(Prompt) Return the listing in full, word for word.
=== Data shown ===
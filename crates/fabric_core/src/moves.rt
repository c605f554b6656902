//! The moves of contexts, by operations and by accesses to the TIMA.

ghost use Rattle.std.specs.Prelude.{◌≡◌, ◌≢◌, ◌<◌, ◌∷◌, ℕ, List, length, OnOk};
ghost use Rattle.xv_model.specs.declared.outcomes.MoveRefused.{MoveRefused};
ghost use Rattle.xv_model.specs.declared.outcomes.Outcome.TheVariants.{BadAccess, Fine, Refused, Value};
ghost use Rattle.xv_model.specs.declared.entries.Entry.{Entry};
ghost use Rattle.xv_model.specs.declared.operations.Op.TheVariants.{Restore, Save};
ghost use Rattle.xv_model.specs.declared.tima.RingOp.TheVariants.{Push, Pull};
ghost use Rattle.xv_model.specs.account.Outcomes.{IsWellFormed};
ghost use Rattle.xv_model.specs.account.Start.{Start};
ghost use Rattle.xv_model.specs.processor.Moves.{restore_outcome, save_outcome, push_outcome, pull_outcome};
ghost use Rattle.fabric_core.specs.Processors.{StandsFor, StandsAfter};

use crate::processors::Processors;
use xv_model::outcomes::{MoveRefused, Outcome};

/// What a move answers: `Fine`, or why it is refused.
fn done(moved: Result<(), MoveRefused>) -> Outcome
    ensures well_formed { IsWellFormed result }
    ensures fine { OnOk moved (result ≡ Fine) }
    ensures refused { (why : MoveRefused) → moved ≡ Err why → result ≡ Refused why }
    ensures good_access { result ≢ BadAccess }
{
    match moved {
        Ok(()) => Outcome::Fine,
        Err(why) => Outcome::Refused { why },
    }
}

/// What a pull answers: the CAM word of the context that it took off a thread, or why it is refused.
fn pulled(moved: Result<u32, MoveRefused>) -> Outcome
    ensures value { (cam : ℕ) → moved ≡ Ok cam → result ≡ Value cam }
    ensures refused { (why : MoveRefused) → moved ≡ Err why → result ≡ Refused why }
    ensures good_access { result ≢ BadAccess }
{
    match moved {
        Ok(cam) => Outcome::Value { value: cam as u64 },
        Err(why) => Outcome::Refused { why },
    }
}

impl Processors {
    /// Restores the context of a processor on a thread. Refused, it changes nothing.
    pub fn restore(&mut self, v: u32, t: u32) -> Outcome
        requires processor { v < length self.old.vps.vps }
        requires thread { t < length self.old.rings }
        ensures outcome { (z : Start) (h : List Entry) → StandsFor self.old z h → result ≡ restore_outcome z h v t }
        ensures stands { (z : Start) (h : List Entry) (actor : ℕ) → StandsFor self.old z h
            → StandsFor self.new z (record { actor = actor; op = Restore v t; outcome = result } ∷ h) }
        ensures refused { (why : MoveRefused) → result ≡ Refused why → self.new ≡ self.old }
        ensures well_formed { IsWellFormed result }
        ensures processors { length self.new.vps.vps ≡ length self.old.vps.vps }
        ensures threads { length self.new.rings ≡ length self.old.rings }
    {
        done(presenter::restore(&mut self.vps, &mut self.rings, v, t))
    }

    /// Saves the context of a processor. Refused, it changes nothing.
    pub fn save(&mut self, v: u32) -> Outcome
        requires processor { v < length self.old.vps.vps }
        ensures outcome { (z : Start) (h : List Entry) → StandsFor self.old z h → result ≡ save_outcome z h v }
        ensures stands { (z : Start) (h : List Entry) (actor : ℕ) → StandsFor self.old z h
            → StandsFor self.new z (record { actor = actor; op = Save v; outcome = result } ∷ h) }
        ensures refused { (why : MoveRefused) → result ≡ Refused why → self.new ≡ self.old }
        ensures well_formed { IsWellFormed result }
        ensures processors { length self.new.vps.vps ≡ length self.old.vps.vps }
        ensures threads { length self.new.rings ≡ length self.old.rings }
    {
        done(presenter::save(&mut self.vps, &mut self.rings, v))
    }

    /// Pushes the context with a CAM word onto a thread. Refused, it changes nothing.
    pub(crate) fn push(&mut self, t: u32, cam: u32) -> Outcome
        requires thread { t < length self.old.rings }
        ensures outcome { (z : Start) (h : List Entry) → StandsFor self.old z h → result ≡ push_outcome z h t cam }
        ensures stands { StandsAfter self.old self.new t (Push cam) result }
        ensures refused { (why : MoveRefused) → result ≡ Refused why → self.new ≡ self.old }
        ensures good_access { result ≢ BadAccess }
        ensures well_formed { IsWellFormed result }
        ensures processors { length self.new.vps.vps ≡ length self.old.vps.vps }
        ensures threads { length self.new.rings ≡ length self.old.rings }
    {
        done(presenter::push(&mut self.vps, &mut self.rings, t, cam))
    }

    /// Pulls the context off a thread. Refused, it changes nothing.
    pub(crate) fn pull(&mut self, t: u32) -> Outcome
        requires thread { t < length self.old.rings }
        ensures outcome { (z : Start) (h : List Entry) → StandsFor self.old z h → result ≡ pull_outcome z h t }
        ensures stands { StandsAfter self.old self.new t Pull result }
        ensures refused { (why : MoveRefused) → result ≡ Refused why → self.new ≡ self.old }
        ensures good_access { result ≢ BadAccess }
        ensures well_formed { IsWellFormed result }
        ensures processors { length self.new.vps.vps ≡ length self.old.vps.vps }
        ensures threads { length self.new.rings ≡ length self.old.rings }
    {
        pulled(presenter::pull(&mut self.vps, &mut self.rings, t))
    }
}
===
(Output below)
filename crates/fabric_core/src/moves.rt
repository c605f554b6656902
//! The moves of contexts, by operations and by accesses to the TIMA.

ghost use Rattle.std.specs.Prelude.{◌≡◌, ◌≢◌, ◌<◌, ◌∷◌, ℕ, List, length, OnOk};
ghost use Rattle.xv_model.specs.declared.outcomes.MoveRefused.{MoveRefused};
ghost use Rattle.xv_model.specs.declared.outcomes.Outcome.TheVariants.{BadAccess, Fine, Refused, Value};
ghost use Rattle.xv_model.specs.declared.entries.Entry.{Entry};
ghost use Rattle.xv_model.specs.declared.operations.Op.TheVariants.{Restore, Save};
ghost use Rattle.xv_model.specs.declared.tima.RingOp.TheVariants.{Push, Pull};
ghost use Rattle.xv_model.specs.account.Outcomes.{IsWellFormed};
ghost use Rattle.xv_model.specs.account.Start.{Start};
ghost use Rattle.xv_model.specs.processor.Moves.{restore_outcome, save_outcome, push_outcome, pull_outcome};
ghost use Rattle.fabric_core.specs.Processors.{StandsFor, StandsAfter};

use crate::processors::Processors;
use xv_model::outcomes::{MoveRefused, Outcome};

/// What a move answers: `Fine`, or why it is refused.
fn done(moved: Result<(), MoveRefused>) -> Outcome
    ensures well_formed { IsWellFormed result }
    ensures fine { OnOk moved (result ≡ Fine) }
    ensures refused { (why : MoveRefused) → moved ≡ Err why → result ≡ Refused why }
    ensures good_access { result ≢ BadAccess }
{
    match moved {
        Ok(()) => Outcome::Fine,
        Err(why) => Outcome::Refused { why },
    }
}

/// What a pull answers: the CAM word of the context that it took off a thread, or why it is refused.
fn pulled(moved: Result<u32, MoveRefused>) -> Outcome
    ensures value { (cam : ℕ) → moved ≡ Ok cam → result ≡ Value cam }
    ensures refused { (why : MoveRefused) → moved ≡ Err why → result ≡ Refused why }
    ensures good_access { result ≢ BadAccess }
{
    match moved {
        Ok(cam) => Outcome::Value { value: cam as u64 },
        Err(why) => Outcome::Refused { why },
    }
}

impl Processors {
    /// Restores the context of a processor on a thread. Refused, it changes nothing.
    pub fn restore(&mut self, v: u32, t: u32) -> Outcome
        requires processor { v < length self.old.vps.vps }
        requires thread { t < length self.old.rings }
        ensures outcome { (z : Start) (h : List Entry) → StandsFor self.old z h → result ≡ restore_outcome z h v t }
        ensures stands { (z : Start) (h : List Entry) (actor : ℕ) → StandsFor self.old z h
            → StandsFor self.new z (record { actor = actor; op = Restore v t; outcome = result } ∷ h) }
        ensures refused { (why : MoveRefused) → result ≡ Refused why → self.new ≡ self.old }
        ensures well_formed { IsWellFormed result }
        ensures processors { length self.new.vps.vps ≡ length self.old.vps.vps }
        ensures threads { length self.new.rings ≡ length self.old.rings }
    {
        done(presenter::restore(&mut self.vps, &mut self.rings, v, t))
    }

    /// Saves the context of a processor. Refused, it changes nothing.
    pub fn save(&mut self, v: u32) -> Outcome
        requires processor { v < length self.old.vps.vps }
        ensures outcome { (z : Start) (h : List Entry) → StandsFor self.old z h → result ≡ save_outcome z h v }
        ensures stands { (z : Start) (h : List Entry) (actor : ℕ) → StandsFor self.old z h
            → StandsFor self.new z (record { actor = actor; op = Save v; outcome = result } ∷ h) }
        ensures refused { (why : MoveRefused) → result ≡ Refused why → self.new ≡ self.old }
        ensures well_formed { IsWellFormed result }
        ensures processors { length self.new.vps.vps ≡ length self.old.vps.vps }
        ensures threads { length self.new.rings ≡ length self.old.rings }
    {
        done(presenter::save(&mut self.vps, &mut self.rings, v))
    }

    /// Pushes the context with a CAM word onto a thread. Refused, it changes nothing.
    pub(crate) fn push(&mut self, t: u32, cam: u32) -> Outcome
        requires thread { t < length self.old.rings }
        ensures outcome { (z : Start) (h : List Entry) → StandsFor self.old z h → result ≡ push_outcome z h t cam }
        ensures stands { StandsAfter self.old self.new t (Push cam) result }
        ensures refused { (why : MoveRefused) → result ≡ Refused why → self.new ≡ self.old }
        ensures good_access { result ≢ BadAccess }
        ensures well_formed { IsWellFormed result }
        ensures processors { length self.new.vps.vps ≡ length self.old.vps.vps }
        ensures threads { length self.new.rings ≡ length self.old.rings }
    {
        done(presenter::push(&mut self.vps, &mut self.rings, t, cam))
    }

    /// Pulls the context off a thread. Refused, it changes nothing.
    pub(crate) fn pull(&mut self, t: u32) -> Outcome
        requires thread { t < length self.old.rings }
        ensures outcome { (z : Start) (h : List Entry) → StandsFor self.old z h → result ≡ pull_outcome z h t }
        ensures stands { StandsAfter self.old self.new t Pull result }
        ensures refused { (why : MoveRefused) → result ≡ Refused why → self.new ≡ self.old }
        ensures good_access { result ≢ BadAccess }
        ensures well_formed { IsWellFormed result }
        ensures processors { length self.new.vps.vps ≡ length self.old.vps.vps }
        ensures threads { length self.new.rings ≡ length self.old.rings }
    {
        pulled(presenter::pull(&mut self.vps, &mut self.rings, t))
    }
}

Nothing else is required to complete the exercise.